# MD: Purple Line Safe, Red Line Cancelled (Was: Purple and Red Lines Sa



## Ryan (Jan 23, 2015)

http://www.baltimoresun.com/news/maryland/politics/blog/bal-hogan-to-reveal-spending-plan-20150122-story.html



> Two controversial transportation projects - the Red Line in Baltimore and the Purple Line in the Washington suburbs - survived the chopping block, but Hogan said he was still deciding whether to move forward with them.

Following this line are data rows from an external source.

use crate::made::Made;
use crate::proper::{Gathered, Proper, ProperList};
use seq_base::Thrown;
use seq_values::{
    CellId, FnValue, Held, Node, Target, Value, before, chunk_before, cons_and, deepest_of,
    depth_of, empty_list, part, vector, vector_and,
};
use seq_vector::{NoMemory, PVec, Shared};
use std::alloc::Global;

/// A value that is too deep to be held.
fn too_deep(value: Value) -> Made
    ensures { result ≡ Made.Thrown E.Depth }
{
    Made::Thrown(Thrown::Depth)
}

/// Items of which one is too deep to be held.
fn too_deep_items(items: PVec<Value>) -> Made
    ensures { result ≡ Made.Thrown E.Depth }
{
    Made::Thrown(Thrown::Depth)
}

/// A vector of the items.
#[tactic(auto, using(crate::proofs::Limits::value_goes, crate::proofs::Limits::vector_deep, seq_values::proofs::WellFormedLemmas::list_keeps, seq_values::proofs::WellFormedLemmas::all_within))]
pub fn vector_made(items: ProperList) -> Made
    ensures { Makes (with_value (M.vector (M.values (plains items.items)))) result }
{
    if deepest_of(&items.items, 256) > 255 {
        return too_deep_items(items.items);
    }
    Made::Value(Proper {
        value: vector(items.items),
    })
}

/// A function with the arguments that are bound to it.
#[tactic(auto, using(crate::proofs::Limits::function_goes, crate::proofs::Limits::function_deep, seq_values::proofs::WellFormedLemmas::list_keeps, seq_values::proofs::WellFormedLemmas::all_within))]
pub fn function_made(target: Target, bound: ProperList) -> Made
    requires { IsTrue (binds target (map sight_of bound.items)) }
    ensures { Makes (with_value (M.function target (M.values (plains bound.items)))) result }
{
    if deepest_of(&bound.items, 256) > 255 {
        return too_deep_items(bound.items);
    }
    Made::Value(Proper {
        value: Value::Function(FnValue::of(target, bound.items)),
    })
}

/// An element before the part for the rest.
#[tactic(auto, using(crate::proofs::Limits::first_goes, crate::proofs::Limits::first_deep, seq_values::proofs::WellFormedLemmas::value_keeps))]
pub fn first_before(alloc: Global, first: Proper, id: CellId) -> Result<Made, NoMemory>
    ensures { IfOk result (λ m. Makes (with_value (M.cons (M.values (plain first.value ∷ [])) (M.cell id))) m) }
{
    if depth_of(&first.value) > 255 {
        return Ok(too_deep(first.value));
    }
    let value = before(alloc, first.value, Value::Cell(id))?;
    Ok(Made::Value(Proper { value }))
}
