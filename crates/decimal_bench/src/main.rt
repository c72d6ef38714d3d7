//! Measures decimal arithmetic: `decimal_bench CALL COUNT` makes that many calls and prints a
//! checksum. `bench/decimal.sh` times it.
#![tactic(auto)]

ghost use Rattle.std.specs.Prelude.{◌≡◌, ◌<◌, length};

use inv_decimal::Dec;
use std::cmp::Ordering;
use std::{env, io};

const TEXTS: [&str; 8] = [
    "1234.56",
    "-0.19",
    "99999.95",
    "7",
    "-12345678.123456",
    "0.000001",
    "3.333333",
    "-100",
];

/// The number in the table that the step takes, and zero where the table has no number.
fn pick(numbers: &[Dec; 8], step: u32) -> Dec {
    numbers[(step % 8) as usize]
}

/// One for a result below zero, two for another, none for a fault.
fn weight<E: Drop>(outcome: Result<Dec, E>, zero: &Dec) -> u64 {
    match outcome {
        Ok(number) if number.cmp(zero) == Ordering::Less => 1,
        Ok(_) => 2,
        Err(_) => 0,
    }
}

fn one_call(call: &str, numbers: &[Dec; 8], zero: &Dec, step: u32) -> u64 {
    let x = pick(numbers, step);
    let y = pick(numbers, step / 8);
    match call {
        "add" => weight(x.add(&y), zero),
        "mul" => weight(x.mul(&y), zero),
        "div" => weight(x.div(&y), zero),
        "read" => u64::from(Dec::read(TEXTS[(step % 8) as usize]).is_some()),
        "print" => {
            let mut buf = [0; 40];
            let len = x.print(&mut buf);
            (len as u64).wrapping_add(u64::from(buf[len / 2]))
        }
        _ => 0,
    }
}

fn many_calls(call: &str, numbers: &[Dec; 8], zero: &Dec, count: u32) -> u64 {
    let mut sum = 0u64;
    for step in 0..count {
        sum = sum.wrapping_add(one_call(call, numbers, zero, step));
    }
    sum
}

fn table() -> Option<[Dec; 8]> {
    let zero = Dec::read("0")?;
    let mut numbers = [zero; 8];
    for (slot, text) in numbers.iter_mut().zip(TEXTS) {
        *slot = Dec::read(text)?;
    }
    Some(numbers)
}

fn main(rt: HostRuntime) -> io::Result<()> {
    let mut words = env::args(&rt)?.skip(1);
    let (Some(call), Some(count), Some(numbers), Some(zero)) = (
        words.next(),
        words.next(),
        table(),
        Dec::read("0"),
    ) else {
        return println!(rt; "decimal_bench add|mul|div|read|print COUNT");
    };
    let count = count.as_str().parse::<u32>().unwrap_or(0);
    let sum = many_calls(call.as_str(), &numbers, &zero, count);
    println!(rt; "{sum}")
}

Not bad, in the face of a statewide 2% CUT ALL THE THINGS budget. Real well thought out there, I'm sure.


----------



## Ryan (Jun 25, 2015)

Purple line "safe" (provided they can make it still cheaper and foist more of the cost off on Montgomery and PG counties):

http://www.washingtonpost.com/local/2015/06/25/a255fe8c-1b4d-11e5-93b7-5eddc056ad8a_story.html

Red line: Tabled.

I'm not thrilled, but hopefully the next governor will be able to unscrew the mess that Hogan's making. Maybe Montgomery and PG Counties can stop sending their money to the panhandle and the shore to pick up their increased share of the tab.


----------



## MARC Rider (Jun 25, 2015)

I know, they should build the Red line as a maglev and have the Japanese pay for it.


----------



## afigg (Jul 18, 2015)

I did not post earlier when the news that Hogan was going ahead with the Purple Line LRT, but canceling the Baltimore Red Line LRT, in part because it was a depressing result and a huge setback for a decent connected transit system in Baltimore. Since then, the Hogan administration has proceeded to shut down the Red Line project entirely, close the offices, drop the BaltimoreRedLine.com website, put the documents and plans into storage. Hogan's comments and actions to shift funds to road projects since the Red Line cancellation have demonstrated that he does not understand the value of a good transit system to a city and its economic vitality. He complained that the Red Line tunnel through downtown Baltimore was too expensive and then turns around and comments on how few people ride the slow street running isolated N-S light rail line. Simply doesn't get it. I hope for Baltimore's sake, that Hogan is a one term Governor.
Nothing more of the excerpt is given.